Now that we’ve established that we’re not losing any information by replacing $p$ with $\alpha(p)$ the obvious question arises: What could we possibly be gaining by doing this? If our positional encoding just represents the same information as a scalar, but in a more convoluted and annoying form, then how are we not just taking a clear step backward? In fact, this encoding seems to runs contrary to the generally desirable goal of distilling and compressing information into a minimally complex form.

The answer here mainly boils down to the fact that it helps NeRFs capture high-frequency patterns in spatial data. Because $\alpha$ makes use of waves of varying frequencies, some (but not all) of its component functions change very rapidly with respect to their input. This is essential for our NeRF to capture the fine-grained detail of in certain objects. Of course, not all the patterns we wish to capture are of a high frequency and we also want it to be easy for our network to smoothly trace less steep contours. This formulation allows a best-of-both-worlds solution as it makes NeRFs sensitive to small changes in coordinate space while also permitting them to not be sensitive to small changes in coordinate space when the downstream MLP decides that’s what’s needed. How flexible!

Of course, just an MLP by itself is capable of representing both high and low frequency functions (let’s not contradict the UAT) it’s just that neural networks are kind of lazy and have a tendency to find optima which have low-frequency solutions. Using these spatial encodings adds a bias towards proper shape representation, leading to better performance with fewer parameters. Below you can see an ablation from the original NeRF paper which shows the result of fitting a NeRF to a ground-truth 3D model with the removal of view-dependence (those additional $\theta,\phi$ inputs) and positional embedding. Without positional embedding, the fine-grained details are reduced to a blurry approximation.

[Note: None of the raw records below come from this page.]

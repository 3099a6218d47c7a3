//! Shows what is in each packet of a capture.
#![tactic(auto)]

use clap::{Arg, ArgAction, ArgMatches, Command};
use deku_packets_program::{Wanted, run};
use deku_progress::Progress;
use std::alloc::{AllocError, Global};
use std::fs::File;
use std::io::{BufReader, BufWriter, IsTerminal, Read};
use std::process::ExitCode;
use std::{env, io};

const ABOUT: &str = "Shows what is in each packet of a pcap capture";

// From this size on progress is shown on a terminal.
const LARGE: u64 = 64 << 20;

fn main(rt: HostRuntime) -> io::Result<ExitCode> {
    let words: Vec<String> = env::args(&rt)?.collect(rt.alloc())?;
    let Ok(command) = command(rt.alloc()) else {
        return Ok(ExitCode::from(1));
    };
    match command.try_get_matches_from(words.as_slice()) {
        Ok(matches) => Ok(ExitCode::from(show(&rt, &matches)?)),
        Err(error) => {
            error.print(&rt)?;
            Ok(ExitCode::from(if error.use_stderr() { 2 } else { 0 }))
        }
    }
}

fn command<'a>(alloc: Global) -> Result<Command<'a>, AllocError> {
    let file = Arg::new(alloc, "FILE")
        .required(true)
        .help("The capture; - is standard input");
    let command = Command::new(alloc, "packets").about(ABOUT).arg(file)?;
    let json = flag(alloc, "json").help("Prints each packet as a JSON object with all fields");
    let command = command.arg(json)?;
    let check = flag(alloc, "check").help(
        "Writes each packet back, and says whether that gives the same bytes",
    );
    command.arg(check)
}

// An option without a value.
fn flag<'a>(alloc: Global, name: &'a str) -> Arg<'a> {
    Arg::new(alloc, name).long(name).action(ArgAction::SetTrue)
}

// Shows the capture that the words name. Returns the status.
fn show(rt: &HostRuntime, matches: &ArgMatches<'_>) -> io::Result<u8> {
    let name = matches.get_str("FILE").unwrap_or("-");
    if name == "-" {
        let mut input = BufReader::new(rt.alloc(), rt.stdin())?;
        return show_input(rt, matches, &mut input);
    }
    let file = match File::open(rt, name) {
        Ok(file) => file,
        Err(error) => {
            eprintln!(rt; "error: {name}: {error}")?;
            return Ok(1);
        }
    };
    let size = file.metadata()?.len();
    if size > LARGE && rt.stderr().is_terminal() {
        let file = Progress::new(file, rt.stderr(), size);
        let mut input = BufReader::new(rt.alloc(), file)?;
        return show_input(rt, matches, &mut input);
    }
    let mut input = BufReader::new(rt.alloc(), file)?;
    show_input(rt, matches, &mut input)
}

// Shows the packets of an input.
fn show_input<R: Read>(
    rt: &HostRuntime,
    matches: &ArgMatches<'_>,
    input: &mut R,
) -> io::Result<u8> {
    let wanted = Wanted {
        json: matches.get_flag("json"),
        check: matches.get_flag("check"),
    };
    let mut output = BufWriter::new(rt.alloc(), rt.stdout())?;
    Ok(run(rt.alloc(), wanted, input, &mut output, &mut rt.stderr()))
}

Nowadays, many applications use a slightly more sophisticated form of spatial embedding introduced in the Mip-NeRF paper or leverage a clever data structure to store explicit embeddings like in NVIDIA’s Instant-NGP. However, most solutions are closely related to the ideas presented here and and are meant to provide application-specific improvements.

Rendering an Image with NeRFs

Now that we have a solid understanding of how a NeRF produces its radiance outputs, let’s look at how to apply $f_{\Theta}$ to obtain image observations. In this section we’ll take a closer look at how color and occupancy values are used to generate images, so we’ll also the terms $r_{\Theta}$ and $c_{\Theta}$ to separetely denote their respective functions.

Raytracing

For simplicity, we can avoid thinking about rendering an entire image and just focus on how to capture a single pixel. To do this, you can build a mental picture of what goes in your camera to capture a pixel’s worth of color when you point it at an object and click the button. Put plainly, your camera emits a ray of light from the pixel location which retrieves the pixel value. This ray shoots forward in a straight line toward the object until it makes contact with its surface. The pixel color is then determined by the RGB value at this infinitesimal point of contact.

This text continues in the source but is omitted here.